🌸 Client Consent Form
✨ Purpose of Services
Emotion Code®, Body Code™, Belief Code®, and L.I.F.E. Biofeedback sessions are complementary wellness services intended to support relaxation, self-awareness, and energetic balance.
These services are not a substitute for medical care, mental health care, diagnosis, or treatment.
You are encouraged to seek licensed medical or psychological support for any health concerns..
🌿 Nature of Sessions
Sessions may include:
Gentle questioning and discussion
Muscle testing (in person or proxy)
Visualization and intention-based techniques
Biofeedback scanning using the L.I.F.E. System (in person or remote)
The goal is to identify and release energetic patterns that may be contributing to stress or imbalance.
🌼 Potential Benefits
Clients may experience:
Increased sense of well-being
Greater emotional clarity
Relaxation and stress reduction
Benefits vary by individual.
⚖️ Risks & Limitations
Possible experiences may include:
Temporary emotional release
Fatigue or mild discomfort
No noticeable change
Results are not guaranteed.
These services do not diagnose, treat, cure, or prevent disease.
🌿Alternatives
You may choose:
Not to participate
To pursue other complementary services
To seek licensed medical or mental health care
🔒 Confidentiality
All client information and session notes are kept confidential and will not be shared without written permission, except as required by law.
🌼 Voluntary Participation
Your participation is voluntary. You may pause or discontinue a session at any time.
👩👧 Minors
Clients under age 18 must have the consent of a parent or legal guardian, in accordance with Washington state law.
✅ Release of Liability
By signing below, you acknowledge that you understand the nature of these services and voluntarily assume full responsibility for your participation.
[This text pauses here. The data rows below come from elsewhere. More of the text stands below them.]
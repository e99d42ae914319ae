ghost use Rattle.std.specs.Prelude.{◌≡◌, IfOk};

use crate::transmission::Transmission;
use rx_fields::Memory;
use std::alloc::Global;

/// A value of which an equal one can be made, where there is memory for it.
pub trait TryCopy: Sized {
    /// An equal value.
    fn try_copy(&self, alloc: Global) -> Result<Self, Memory>
        ensures { IfOk result (λ copy. copy ≡ self.now) };
}

impl TryCopy for Transmission {
    fn try_copy(&self, alloc: Global) -> Result<Transmission, Memory> {
        self.copy(alloc)
    }
}

/// Equal values, in the same order.
pub fn copies<T: TryCopy + Drop>(alloc: Global, items: &[T]) -> Result<Vec<T>, Memory>
    ensures { IfOk result (λ copies. copies.items ≡ items.now) }
{
    let mut copies = Vec::with_capacity(alloc, items.len())?;
    for item in items {
        copies.push(item.try_copy(alloc)?)?;
    }
    Ok(copies)
}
You agree to release and hold harmless Life Line Bioenergetics and practitioner Mihaela (Ane) Iukovici from any liability related to your participation.
✅ Acknowledgment
I understand these services are educational and wellness-oriented in nature. I understand it is my responsibility to maintain appropriate medical care. I have read and understood this consent form and have had the opportunity to ask questions.
✅ Agreement
By booking a session, you confirm that you have read, understood, and agree to the above terms.